● **EXERCISE DETAILS**: Find the lines of the listing that contain the string "they", and return them.

● **RECORD SET**:
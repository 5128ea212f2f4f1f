//! The faults of a deployment.
ghost use Rattle.std.specs.Prelude.{◌≡◌, ◌≢◌, ◌&&◌, ◌||◌, AllPairs, All, ◌++◌, true, map, Some, IfOk, OnOk, OnErr};
ghost use Rattle.std.specs.List.{flat_map, list_all, list_any};
ghost use Rattle.indexmap.specs.IndexSet.{contains};
ghost use Rattle.cdi_model.specs.Decl.{key_of, kind_of, name_of_decl};
ghost use Rattle.cdi_model.specs.DeclKey.{same_key};
ghost use Rattle.cdi_model.specs.DeclList.{find_decl};
ghost use Rattle.cdi_effective.specs.Beans.{beans};
ghost use Rattle.cdi_observe.specs.Kept.{evaluated, EvaluatesSome};
ghost use Rattle.cdi_observe.specs.Lending.{IsEvaluated};
ghost use Rattle.cdi_observe.specs.Wanted.{wanted};
ghost use Rattle.cdi_faults.specs.FaultText.{SubjectsInOrder};
ghost use Rattle.cdi_validate.specs.Among.{faults_together, has_faults, looks_at_all, HaveNoneAnew};
ghost use Rattle.cdi_validate.specs.Circles.{NeedsItselfOnCircle};
ghost use Rattle.cdi_validate.specs.Faults.{circles, faults, faults_of, name_clashes, name_prefixes};
ghost use Rattle.cdi_validate.specs.Faults.{LinesRise, PrefixesGoOn};
ghost use Rattle.cdi_validate.specs.Twice.{specialized_twice, SharersAreTold};
ghost use Rattle.cdi_faults.specs.declared.fault.Fault.TheVariants as the_faults;

use crate::circles::push_of_circles;
use crate::names::push_of_names;
use crate::twice::push_of_twice;
use cdi_bodies::Bodies;
use cdi_faults::{Code, Fault, Subject, in_text_order};
use cdi_model::{Decl, DeclKey, Decls};
use cdi_observe::{View, evaluate, records_of_decl};
use cdi_subjects::{Glance, subjects_at_fault};
use indexmap::IndexSet;
use std::alloc::{AllocError, Global};

/// For which faults that several declarations have together all declarations are looked at.
#[derive(Clone, Copy)]
pub struct Together {
    /// For the names that enabled beans share, or of which one continues another.
    pub names: bool,
    /// For the dependent beans that need themselves.
    pub circles: bool,
    /// For the beans that specialize one bean.
    pub chains: bool,
}

impl Together {
    /// For each.
    pub fn all() -> Together
        ensures { result ≡ looks_at_all }
    {
        Together {
            names: true,
            circles: true,
            chains: true,
        }
    }
}

/// What is found among some declarations.
#[derive(Drop)]
pub struct Found {
    /// The faults, in order.
    pub faults: Vec<Fault>,
    /// Which of these declarations have some by themselves.
    pub keys: IndexSet<DeclKey>,
    /// For which faults that several declarations have together there are some, or may be.
    pub together: Together,
}

/// All that is wrong with the declarations of a view where the bodies of a book are stored (CDI 4.0, Problems detected
/// automatically by the container): the declarations in order, each with its faults by code and then by the texts of
/// their subjects, and then the faults of names, those of circles, and those of two beans that specialize one. Each fault
/// occurs once.
///
/// If the view keeps answers, all that the declarations ask for is asked, each injection point once for each type and
/// qualifiers. It takes memory for the faults and for what they are found by, and where the view does. Where none is left,
/// some of the keys were asked. An edit that is staged stays where each of the keys is known.
#[tactic(auto, using(crate::proofs::CircleLemmas::needs_itself_on_circle, crate::proofs::LineLemmas::clashes_rise, crate::proofs::LineLemmas::circles_rise, crate::proofs::TwiceLemmas::twice_rise))]
pub fn faults<V: View, B: Bodies>(
    alloc: Global,
    view: &mut V,
    book: &B,
) -> Result<Vec<Fault>, AllocError>
    ensures faults { IfOk result (λ list. list.items ≡ faults (V.list view.old) (B.promises book.now)) }
    ensures list { V.list view.new ≡ V.list view.old }
    ensures counts { V.counts view.new ≡ V.counts view.old }
    ensures ok { OnOk result (V.kept view.new ≡ evaluated (V.list view.old) (wanted (V.list view.old)) (V.kept view.old)) }
    ensures err { OnErr result (EvaluatesSome (V.list view.old) (V.kept view.old) (V.kept view.new)) }
    ensures staged { list_all (V.kept view.old).knows (wanted (V.list view.old)) ≡ true → V.staged view.new ≡ V.staged view.old }
    ensures order { SubjectsInOrder }
    ensures once { IfOk result (λ list. AllPairs (λ f g. f ≢ g) list.items) }
    ensures clashes { LinesRise (name_clashes (beans (V.list view.old))) }
    ensures prefixes { OnOk result (LinesRise (name_prefixes (beans (V.list view.old)))) }
    ensures longer { PrefixesGoOn }
    ensures circles { NeedsItselfOnCircle }
    ensures circle_lines { LinesRise (circles (V.list view.old)) }
    ensures twice_lines { LinesRise (specialized_twice (V.list view.old)) }
    ensures sharers { SharersAreTold }
{
    evaluate(alloc, view)?;
    find(alloc, &*view, book)
}

/// The same, where all that the declarations ask for is known or the view keeps nothing.
fn find<V: View, B: Bodies>(alloc: Global, view: &V, book: &B) -> Result<Vec<Fault>, AllocError>
    requires { IsEvaluated (V.list view.now) (V.kept view.now) }
    ensures faults { IfOk result (λ list. list.items ≡ faults (V.list view.now) (B.promises book.now)) }
    ensures once { IfOk result (λ list. AllPairs (λ f g. f ≢ g) list.items) }
    ensures prefixes { OnOk result (LinesRise (name_prefixes (beans (V.list view.now)))) }
{
    let decls = all_decls(alloc, view.decls())?;
    let found = faults_among(alloc, view, book, decls.as_slice(), Together::all())?;
    Ok(found.faults)
}

/// All declarations, in order. It takes memory for a list of them.
pub fn all_decls(alloc: Global, decls: &Decls) -> Result<Vec<&Decl>, AllocError>
    ensures { IfOk result (λ list. map (λ d. d.now) list.items ≡ decls.now) }
{
    let mut list = Vec::with_capacity(alloc, decls.len())?;
    for decl in decls.iter() {
        list.push(decl)?;
    }
    Ok(list)
}

/// The faults that some declarations of a view have by themselves, in their order, and then of names, circles and beans that
/// specialize one each those that all declarations have together, or none. All that the declarations ask for is known, or the
/// view keeps nothing. It takes memory for the faults and for what they are found by.
pub fn faults_among<V: View, B: Bodies>(
    alloc: Global,
    view: &V,
    book: &B,
    decls: &[&Decl],
    together: Together,
) -> Result<Found, AllocError>
    requires found { All (λ d. find_decl (kind_of d.now) (name_of_decl d.now) (V.list view.now) ≡ Some d.now) decls.now }
    requires evaluated { IsEvaluated (V.list view.now) (V.kept view.now) }
    ensures faults { IfOk result (λ found. found.faults.items
        ≡ flat_map (faults_of (V.list view.now) (B.promises book.now)) (map (λ d. d.now) decls.now)
        ++ faults_together (V.list view.now) together) }
    ensures keys { IfOk result (λ found. (k : _) → contains same_key found.keys k
        ≡ list_any (λ d. same_key (key_of d) k && has_faults (V.list view.now) (B.promises book.now) d) (map (λ d. d.now) decls.now)) }
    ensures together { IfOk result (λ found. HaveNoneAnew (V.list view.now) together found.together) }
    ensures prefixes { OnOk result (together.names ≡ true → LinesRise (name_prefixes (beans (V.list view.now)))) }
{
    let mut faults = Vec::new(alloc);
    let keys = push_of_each(alloc, view, book, decls, &mut faults)?;
    let together = push_of_several(alloc, view, together, &mut faults)?;
    Ok(Found {
        faults,
        keys,
        together,
    })
}

/// Appends the faults that several declarations have together: those of names, those of circles, and those of two beans that
/// specialize one, of those for which all declarations are looked at. It takes memory for them and for what they are found by,
/// and answers which of them there may be.
fn push_of_several<V: View>(
    alloc: Global,
    view: &V,
    together: Together,
    faults: &mut Vec<Fault>,
) -> Result<Together, AllocError>
    requires { IsEvaluated (V.list view.now) (V.kept view.now) }
    ensures faults { OnOk result (faults.new.items ≡ faults.old.items ++ faults_together (V.list view.now) together) }
    ensures together { IfOk result (λ found. HaveNoneAnew (V.list view.now) together found) }
    ensures prefixes { OnOk result (together.names ≡ true → LinesRise (name_prefixes (beans (V.list view.now)))) }
{
    let names = together.names && !push_of_names(alloc, view, faults)?;
    let circles = together.circles && !push_of_circles(alloc, view, faults)?;
    let chains = together.chains && !push_of_twice(alloc, view, faults)?;
    Ok(Together {
        names,
        circles,
        chains,
    })
}

/// Appends the faults of some declarations, and answers which of them have some.
fn push_of_each<V: View, B: Bodies>(
    alloc: Global,
    view: &V,
    book: &B,
    decls: &[&Decl],
    faults: &mut Vec<Fault>,
) -> Result<IndexSet<DeclKey>, AllocError>
    requires found { All (λ d. find_decl (kind_of d.now) (name_of_decl d.now) (V.list view.now) ≡ Some d.now) decls.now }
    requires evaluated { IsEvaluated (V.list view.now) (V.kept view.now) }
    ensures faults { OnOk result (faults.new.items
        ≡ faults.old.items ++ flat_map (faults_of (V.list view.now) (B.promises book.now)) (map (λ d. d.now) decls.now)) }
    ensures keys { IfOk result (λ keys. (k : _) → contains same_key keys k
        ≡ list_any (λ d. same_key (key_of d) k && has_faults (V.list view.now) (B.promises book.now) d) (map (λ d. d.now) decls.now)) }
{
    let mut keys = IndexSet::new(alloc);
    for decl in decls {
        push_and_note(alloc, view, book, *decl, faults, &mut keys)?;
    }
    Ok(keys)
}

/// Appends the faults of a declaration, and adds its key if it has some.
fn push_and_note<V: View, B: Bodies>(
    alloc: Global,
    view: &V,
    book: &B,
    decl: &Decl,
    faults: &mut Vec<Fault>,
    keys: &mut IndexSet<DeclKey>,
) -> Result<(), AllocError>
    requires found { find_decl (kind_of decl.now) (name_of_decl decl.now) (V.list view.now) ≡ Some decl.now }
    requires evaluated { IsEvaluated (V.list view.now) (V.kept view.now) }
    ensures faults { OnOk result (faults.new.items ≡ faults.old.items ++ faults_of (V.list view.now) (B.promises book.now) decl.now) }
    ensures keys { OnOk result ((k : _) → contains same_key keys.new k ≡ (contains same_key keys.old k
        || (same_key (key_of decl.now) k && has_faults (V.list view.now) (B.promises book.now) decl.now))) }
{
    let before = faults.len();
    push_of_decl(alloc, view, book, decl, faults)?;
    if before < faults.len() {
        keys.insert(decl.key())?;
    }
    Ok(())
}

/// Appends the faults of a declaration. Codes of which one look at what the declaration names finds no fault are passed over.
fn push_of_decl<V: View, B: Bodies>(
    alloc: Global,
    view: &V,
    book: &B,
    decl: &Decl,
    faults: &mut Vec<Fault>,
) -> Result<(), AllocError>
    requires found { find_decl (kind_of decl.now) (name_of_decl decl.now) (V.list view.now) ≡ Some decl.now }
    requires evaluated { IsEvaluated (V.list view.now) (V.kept view.now) }
    ensures { OnOk result (faults.new.items ≡ faults.old.items ++ faults_of (V.list view.now) (B.promises book.now) decl.now) }
{
    let beans = records_of_decl(view, decl);
    let glance = Glance::at(alloc, view, book, decl)?;
    for code in Code::all() {
        if !glance.may_find(code) {
            continue;
        }
        let subjects = subjects_at_fault(alloc, code, view, book, decl, beans)?;
        push_declared(code, decl, in_text_order(alloc, subjects)?, faults)?;
    }
    Ok(())
}

/// Appends a fault of a declaration for each of some subjects.
fn push_declared(
    code: Code,
    decl: &Decl,
    subjects: Vec<Subject>,
    faults: &mut Vec<Fault>,
) -> Result<(), AllocError>
    ensures { OnOk result (faults.new.items ≡ faults.old.items
        ++ map (the_faults.Declared code (kind_of decl.now) (name_of_decl decl.now)) subjects.items) }
{
    for subject in subjects {
        faults.push(Fault::Declared {
            code,
            kind: decl.kind(),
            name: *decl.name(),
            subject,
        })?;
    }
    Ok(())
}
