//! Beans by the interceptors around their places.
ghost use Rattle.std.specs.Prelude.{◌≡◌, ◌∷◌, ◌++◌, [], ℕ, List, IfOk, OnOk, if◌then◌else◌};
ghost use Rattle.std.specs.List.Sorted.{IsStrictlySortedBy};
ghost use Rattle.std.specs.Str.{bytes_eq};
ghost use Rattle.cdi_match.specs.Chain.{has};
ghost use Rattle.cdi_model.specs.Bytes.{byte_order};
ghost use Rattle.cdi_validate.specs.Surrounded.{numbers_at};

use cdi_match::each_once;
use cdi_model::Name;
use std::alloc::{AllocError, Global};
use std::collections::BTreeMap;

/// The numbers of the beans around a place of which an interceptor is. It takes no memory.
pub(crate) fn numbers_around<'a>(
    by_interceptor: &'a BTreeMap<Name, Vec<usize>>,
    interceptor: &Name,
) -> &'a [usize]
    ensures { result.now ≡ numbers_at by_interceptor.now interceptor.now }
{
    match by_interceptor.get(interceptor) {
        Some(numbers) => numbers.as_slice(),
        None => &[],
    }
}

/// Adds the number of a bean to those of each interceptor of some names. It takes memory for these names too.
pub(crate) fn add_number(
    alloc: Global,
    names: &[Name],
    number: usize,
    by_interceptor: &mut BTreeMap<Name, Vec<usize>>,
) -> Result<(), AllocError>
    ensures { OnOk result ((name : List ℕ) → numbers_at by_interceptor.new name
        ≡ numbers_at by_interceptor.old name ++ (if has names.now name then number ∷ [] else [])) }
{
    let mut list = Vec::with_capacity(alloc, names.len())?;
    list.extend_from_slice(names)?;
    let list = each_once(list);
    add_to_each(alloc, list.as_slice(), number, by_interceptor)
}

/// Adds a number to those of some names.
fn add_to_each(
    alloc: Global,
    names: &[Name],
    number: usize,
    by_interceptor: &mut BTreeMap<Name, Vec<usize>>,
) -> Result<(), AllocError>
    requires { IsStrictlySortedBy byte_order names.now }
    ensures { OnOk result ((name : List ℕ) → numbers_at by_interceptor.new name
        ≡ numbers_at by_interceptor.old name ++ (if has names.now name then number ∷ [] else [])) }
{
    for name in names {
        add_to(alloc, *name, number, by_interceptor)?;
    }
    Ok(())
}

/// Adds a number to those of a name.
fn add_to(
    alloc: Global,
    name: Name,
    number: usize,
    by_interceptor: &mut BTreeMap<Name, Vec<usize>>,
) -> Result<(), AllocError>
    ensures { OnOk result ((other : List ℕ) → numbers_at by_interceptor.new other
        ≡ numbers_at by_interceptor.old other ++ (if bytes_eq name other then number ∷ [] else [])) }
{
    let mut numbers = by_interceptor.remove(&name).unwrap_or(Vec::new(alloc));
    numbers.push(number)?;
    by_interceptor.insert(name, numbers)?;
    Ok(())
}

● **EXPECTED OUTPUT**:
/// qualifiers. It takes memory for the faults and for what they are found by, and where the view does. Where none is left,
/// view keeps nothing. It takes memory for the faults and for what they are found by.
/// specialize one, of those for which all declarations are looked at. It takes memory for them and for what they are found by,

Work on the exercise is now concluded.